• Task directions
Return each line of the records below in which the string "calls" turns up.

● ● ● ● ●

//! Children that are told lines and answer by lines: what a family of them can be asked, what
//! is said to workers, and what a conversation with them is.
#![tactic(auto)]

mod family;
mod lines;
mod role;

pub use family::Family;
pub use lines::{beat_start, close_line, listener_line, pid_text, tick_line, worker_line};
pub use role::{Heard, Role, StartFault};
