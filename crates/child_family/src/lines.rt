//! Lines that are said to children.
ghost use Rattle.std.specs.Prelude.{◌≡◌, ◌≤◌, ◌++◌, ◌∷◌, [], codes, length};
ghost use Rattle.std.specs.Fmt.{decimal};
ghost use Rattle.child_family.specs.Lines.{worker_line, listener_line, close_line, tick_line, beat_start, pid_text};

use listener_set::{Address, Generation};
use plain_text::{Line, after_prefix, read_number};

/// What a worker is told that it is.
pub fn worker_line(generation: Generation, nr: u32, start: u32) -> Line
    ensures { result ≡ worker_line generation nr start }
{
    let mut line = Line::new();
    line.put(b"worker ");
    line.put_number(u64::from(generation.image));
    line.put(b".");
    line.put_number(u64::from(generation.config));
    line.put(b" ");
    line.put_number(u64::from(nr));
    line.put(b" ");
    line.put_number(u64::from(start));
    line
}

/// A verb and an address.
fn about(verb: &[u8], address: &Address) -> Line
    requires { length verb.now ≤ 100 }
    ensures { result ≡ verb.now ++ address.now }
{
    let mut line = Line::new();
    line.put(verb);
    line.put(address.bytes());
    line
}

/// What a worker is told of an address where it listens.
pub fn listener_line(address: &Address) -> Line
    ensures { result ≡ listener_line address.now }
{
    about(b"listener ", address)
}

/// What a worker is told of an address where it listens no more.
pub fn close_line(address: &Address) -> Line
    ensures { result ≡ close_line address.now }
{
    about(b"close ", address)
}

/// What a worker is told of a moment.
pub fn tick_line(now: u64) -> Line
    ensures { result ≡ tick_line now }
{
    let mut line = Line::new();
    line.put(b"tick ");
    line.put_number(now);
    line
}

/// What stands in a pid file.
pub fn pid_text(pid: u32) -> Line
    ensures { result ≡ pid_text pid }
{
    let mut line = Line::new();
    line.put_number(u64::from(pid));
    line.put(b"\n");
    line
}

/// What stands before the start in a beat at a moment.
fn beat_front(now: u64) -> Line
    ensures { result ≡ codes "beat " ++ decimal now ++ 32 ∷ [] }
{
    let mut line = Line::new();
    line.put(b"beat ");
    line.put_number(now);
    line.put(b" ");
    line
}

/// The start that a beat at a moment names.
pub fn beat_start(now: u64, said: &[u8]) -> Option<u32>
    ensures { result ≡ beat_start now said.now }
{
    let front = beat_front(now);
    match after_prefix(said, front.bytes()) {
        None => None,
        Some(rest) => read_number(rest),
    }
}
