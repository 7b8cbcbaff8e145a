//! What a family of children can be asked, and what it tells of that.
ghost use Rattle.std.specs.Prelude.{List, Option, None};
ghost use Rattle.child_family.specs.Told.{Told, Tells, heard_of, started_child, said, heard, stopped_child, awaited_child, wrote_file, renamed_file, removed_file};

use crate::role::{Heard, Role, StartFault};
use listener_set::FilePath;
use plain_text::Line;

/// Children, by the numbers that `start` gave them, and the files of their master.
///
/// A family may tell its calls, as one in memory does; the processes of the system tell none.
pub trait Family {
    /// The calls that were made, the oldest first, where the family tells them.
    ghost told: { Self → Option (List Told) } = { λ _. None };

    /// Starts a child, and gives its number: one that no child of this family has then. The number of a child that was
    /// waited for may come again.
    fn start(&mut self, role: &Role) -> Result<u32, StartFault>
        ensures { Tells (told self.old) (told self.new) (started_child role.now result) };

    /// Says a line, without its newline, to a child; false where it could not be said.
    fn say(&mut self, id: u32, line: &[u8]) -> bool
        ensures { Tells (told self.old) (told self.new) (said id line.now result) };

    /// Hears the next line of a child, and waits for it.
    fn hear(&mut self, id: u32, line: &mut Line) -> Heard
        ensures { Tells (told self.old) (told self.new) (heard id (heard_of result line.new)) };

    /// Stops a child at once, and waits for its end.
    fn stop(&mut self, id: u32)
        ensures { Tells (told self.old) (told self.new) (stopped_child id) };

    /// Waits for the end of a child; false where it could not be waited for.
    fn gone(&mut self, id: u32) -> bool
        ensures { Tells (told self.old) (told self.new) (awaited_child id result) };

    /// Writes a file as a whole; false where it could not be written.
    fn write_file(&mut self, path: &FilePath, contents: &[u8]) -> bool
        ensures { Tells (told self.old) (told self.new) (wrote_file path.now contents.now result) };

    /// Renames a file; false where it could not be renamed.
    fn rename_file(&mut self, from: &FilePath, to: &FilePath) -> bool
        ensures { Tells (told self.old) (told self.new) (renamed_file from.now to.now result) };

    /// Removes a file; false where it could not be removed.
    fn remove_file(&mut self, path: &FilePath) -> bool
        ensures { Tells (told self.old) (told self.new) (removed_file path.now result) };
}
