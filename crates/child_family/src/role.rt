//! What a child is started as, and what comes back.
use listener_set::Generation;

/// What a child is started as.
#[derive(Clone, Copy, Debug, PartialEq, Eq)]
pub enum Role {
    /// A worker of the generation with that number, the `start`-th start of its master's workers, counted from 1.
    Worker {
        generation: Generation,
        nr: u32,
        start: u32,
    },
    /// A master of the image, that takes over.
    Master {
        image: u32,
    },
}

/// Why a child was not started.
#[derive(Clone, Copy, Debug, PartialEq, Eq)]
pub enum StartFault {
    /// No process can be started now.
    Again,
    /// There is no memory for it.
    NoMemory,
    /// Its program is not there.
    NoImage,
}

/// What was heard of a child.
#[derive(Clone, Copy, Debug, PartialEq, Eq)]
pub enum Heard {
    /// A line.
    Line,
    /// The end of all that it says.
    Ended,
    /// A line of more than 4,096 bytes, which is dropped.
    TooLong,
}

● ● ● ● ●

• The answer
/// A family may tell its calls, as one in memory does; the processes of the system tell none.
    /// The calls that were made, the oldest first, where the family tells them.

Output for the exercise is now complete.